About 2,800 NABET employees have been on strike against NBC for four weeks. Both sides returned to the bargaining table in New York on Monday. One of the demands NABET has made is that its members be covered by any contract that might be negotiated, even if those employees are in a division or station that the company sells. The NABET spokesman said that NBC is balking at this demand.

Like the Mutual Broadcasting System which Westwood One acquired in December, 1985, the NBC networks will be wholly owned subsidiaries of Westwood One and will be governed by a separate board of directors, according to Pattiz. Though there may be some cross-pollination and “operating synergies,” the NBC and Mutual staffs will remain separate, he said.

“The NBC radio networks will maintain their identities in much the same way as the Mutual Broadcasting System,” he said.

Mutual, which Westwood One purchased from the Amway Corp. for $30 million, is headquartered in Arlington, Va., and has about 850 affiliates, including KFI-AM (640) and KKGO-FM (105.1) in Los Angeles. Though the network recently opened a Southern California bureau in the Westwood One building complex in Culver City, Mutual remains an autonomous East Coast arm of the Westwood One conglomerate.

In addition to the radio networks, the company also owns a communications satellite division and the weekly broadcasting trade newspaper, Radio & Records.

Pattiz said NBC would maintain five-year warrants to purchase one million shares of Westwood One common stock for $36.40 per share.

Advertisement

Though some Wall Street arbitrage experts may have been surprised by Monday’s announcement, Westwood One has made no secret of its acquisitive intent.
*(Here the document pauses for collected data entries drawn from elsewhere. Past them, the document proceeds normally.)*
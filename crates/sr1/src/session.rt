// An SR1TrustRegion session.
ghost use Rattle.std.specs.Prelude.{◌≡◌};
ghost use Rattle.sr1.specs.Session as Definition;

use crate::settings::Settings;
use offer::session;

pub type Session = session::Session<Settings>;

// What a call by value returns.
pub type After = session::After<Settings>;

// What refusal 2 asks of a session at every call.
#[tactic(auto, unfolding(crate::specs::Session::sound))]
pub fn sound(s: Session) -> bool
    ensures { result ≡ Definition.sound s }
{
    s.is_sound()
}
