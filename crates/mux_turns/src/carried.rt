//! What groups carry from one of their starts to the next: what editors were shown of the last result of `initialize` (S2), and the
//! configuration (E16; LSP 3.17, Initialize Request and DidChangeConfiguration Notification).
ghost use Rattle.std.specs.Prelude.{◌≡◌, ◌<◌, ℕ, List, [], Some, length, IfOk, MatchOption, OnOk, is_none, option_copied};
ghost use Rattle.capability_meet.specs.Answers.{IsRead};
ghost use Rattle.event_model.specs.Settings.{Settings};
ghost use Rattle.group_facts.specs.Lively.{lives_at};
ghost use Rattle.group_facts.specs.group_rows.specs.Earlier.{same_shown};
ghost use Rattle.json_nodes.specs.At.{At, Found};
ghost use Rattle.json_text.specs.Json.{Json};
ghost use Rattle.mux_turns.specs.Carried.{CarriedStand, ReadsTo, capabilities_in, carried, differs_shown, with_carried};

use json_span::{JsonFault, Tape, same};
use message_body::{Body, Memory};
use mux_tables::Tables;
use std::alloc::Global;
use std::marker::Model;

/// A body of a group.
#[derive(Drop)]
pub struct Carried {
    /// The group's number.
    pub group: u64,
    pub body: Body,
}

/// What the groups that live carry, and at most as many others, each at most once.
#[derive(Drop)]
pub struct Carries {
    shown: Vec<Carried>,
    configurations: Vec<Carried>,
}

impl Model for Carries {
    ghost use Rattle.mux_turns.specs.Carried.{CarriesView};

    ghost Value = { CarriesView };

    ghost view = { λ c. record { shown = c.shown.items; configurations = c.configurations.items } };
}

// Bytes as a JSON text, where they are one.
fn read<'a>(alloc: Global, bytes: &'a [u8]) -> Result<Option<Tape<'a>>, Memory>
    ensures { IfOk result (λ tape. ReadsTo tape bytes.now) }
{
    if bytes.len() > 268_435_456 {
        return Err(Memory);
    }
    match Tape::read(alloc, bytes) {
        Ok(tape) => Ok(Some(tape)),
        Err(JsonFault::Memory) => Err(Memory),
        Err(JsonFault::Syntax(_)) => Ok(None),
        Err(JsonFault::TooDeep(_)) => Ok(None),
    }
}

// The place of the capabilities.
fn capabilities(tape: &Tape) -> Option<u32>
    ensures found { (bytes : List ℕ) → IsRead tape.now bytes → Found tape.now (capabilities_in bytes) result }
    ensures inside { MatchOption result (Unit {0}) (λ member. member < length tape.now.nodes) }
{
    tape.maybe_member(Some(tape.root()), "capabilities")
}

// Whether these capabilities of one text are the same value as those of another.
fn same_at(left: &Tape, one: u32, right: &Tape) -> bool
    requires { one < length left.now.nodes }
    ensures { (t : Json) (b : List ℕ) → At left.now one t → IsRead right.now b → result ≡ same_shown (Some t) (capabilities_in b) }
{
    match capabilities(right) {
        None => false,
        Some(other) => same(left, one, right, other),
    }
}

// Whether those of two texts are the same value, or neither has them.
fn same_in(left: &Tape, right: &Tape) -> bool
    ensures { (a b : List ℕ) → IsRead left.now a → IsRead right.now b → result ≡ same_shown (capabilities_in a) (capabilities_in b) }
{
    match capabilities(left) {
        None => capabilities(right).is_none(),
        Some(one) => same_at(left, one, right),
    }
}

// Whether bytes have none; what is no JSON text has none.
fn lacks(alloc: Global, bytes: &[u8]) -> Result<bool, Memory>
    ensures { IfOk result (λ answer. answer ≡ is_none (capabilities_in bytes.now)) }
{
    let found = read(alloc, bytes)?;
    match found {
        None => Ok(true),
        Some(tape) => Ok(capabilities(&tape).is_none()),
    }
}

// Whether those of a text are the same value as those of bytes, or neither has them.
fn same_read(alloc: Global, left: &Tape, bytes: &[u8]) -> Result<bool, Memory>
    ensures { (a : List ℕ) → IsRead left.now a → IfOk result (λ answer. answer ≡ same_shown (capabilities_in a) (capabilities_in bytes.now)) }
{
    let found = read(alloc, bytes)?;
    match found {
        None => Ok(capabilities(left).is_none()),
        Some(right) => Ok(same_in(left, &right)),
    }
}

// Whether those of two bytes are the same value, or neither has them.
fn same_capabilities(alloc: Global, a: &[u8], b: &[u8]) -> Result<bool, Memory>
    ensures { IfOk result (λ answer. answer ≡ same_shown (capabilities_in a.now) (capabilities_in b.now)) }
{
    let found = read(alloc, a)?;
    match found {
        None => {
            let answer = lacks(alloc, b)?;
            Ok(answer)
        }
        Some(left) => {
            let answer = same_read(alloc, &left, b)?;
            Ok(answer)
        }
    }
}

// The body of a group.
fn get(list: &[Carried], g: u64) -> Option<&Body>
    ensures { option_copied result ≡ carried g list.now }
{
    for one in list {
        if one.group == g {
            return Some(&one.body);
        }
    }
    None
}

/// Whether the group of this number lives.
pub fn lives(tables: &Tables, g: u64) -> bool
    ensures { result ≡ lives_at g tables.now.groups.groups }
{
    match tables.groups.get(g) {
        None => false,
        Some(kept) => kept.live,
    }
}

// A group has this body from now on; those of groups that live no more are dropped.
fn put(list: &mut Vec<Carried>, tables: &Tables, g: u64, body: Body) -> Result<(), Memory>
    ensures { OnOk result (list.new.items ≡ with_carried tables.now.groups.groups g body list.old.items) }
{
    list.retain(|one| one.group != g && lives(tables, one.group));
    list.push(Carried { group: g, body })?;
    Ok(())
}

impl Carries {
    /// No group has a start. It takes no memory.
    pub fn new(alloc: Global) -> Carries
        ensures { (settings : Settings) → CarriedStand settings result [] }
    {
        Carries {
            shown: Vec::new(alloc),
            configurations: Vec::new(alloc),
        }
    }

    /// S2: whether the capabilities that editors of a group are shown now differ from those that they were shown of an earlier start.
    pub fn differs(&self, alloc: Global, g: u64, shown: &[u8]) -> Result<bool, Memory>
        ensures { IfOk result (λ answer. answer ≡ differs_shown (carried g self.now.shown) shown.now) }
    {
        match get(&self.shown, g) {
            None => Ok(false),
            Some(earlier) => {
                let same = same_capabilities(alloc, earlier.bytes(), shown)?;
                Ok(!same)
            }
        }
    }

    /// The configuration of a group, where an editor of it gave one.
    pub fn configuration(&self, g: u64) -> Option<&Body>
        ensures { option_copied result ≡ carried g self.now.configurations }
    {
        get(&self.configurations, g)
    }

    /// S2: editors of a group are shown this of a result.
    pub fn give(&mut self, tables: &Tables, g: u64, shown: Body) -> Result<(), Memory>
        ensures shown { OnOk result (self.new.shown ≡ with_carried tables.now.groups.groups g shown self.old.shown) }
        ensures configurations { self.new.configurations ≡ self.old.configurations }
    {
        put(&mut self.shown, tables, g, shown)
    }

    /// E16: an editor of a group changes the configuration.
    pub fn configure(&mut self, tables: &Tables, g: u64, body: Body) -> Result<(), Memory>
        ensures shown { self.new.shown ≡ self.old.shown }
        ensures configurations { OnOk result (self.new.configurations ≡ with_carried tables.now.groups.groups g body self.old.configurations) }
    {
        put(&mut self.configurations, tables, g, body)
    }
}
A $100-million debt offering that Westwood One tendered last October generated the cash used in both the NBC acquisition and the purchase of Radio & Records earlier this year, Pattiz said.

NBC also recently put three of its radio stations on the auction block, including KNBR-AM in San Francisco. The network owns KNBC-TV Channel 4, but no radio stations in Los Angeles.

Westwood One has no interest in buying stations, however.

(Though the Federal Communications Commission limits the number of radio and/or television stations that a single company can own, there are no similar restrictions on ownership of networks or syndication outlets.)

“We’re in the radio network business,” said Pattiz. “We’re not in the radio station business.”

Westwood One is also not in the television business, he said.

“Every now and then, we get involved to a very small extent in video packages with our radio programs,” said the 44-year-old Westwood One chairman. Beyond that, he said, Westwood One has no immediate plans to enter the world of television.

Westwood One began in 1975 with such popular weekly national radio programs as “Dr. Demento” and “Off the Record” with Mary Turner, Pattiz’s wife. With the acquisition of Mutual, it also lays claim to two of network radio’s biggest stars, Washington-based talk-show host Larry King and radio psychologist Dr. Toni Grant.

In addition, the company also broadcasts concerts, pop music countdown shows, retrospective music programs and interviews with rock, country and blues performers.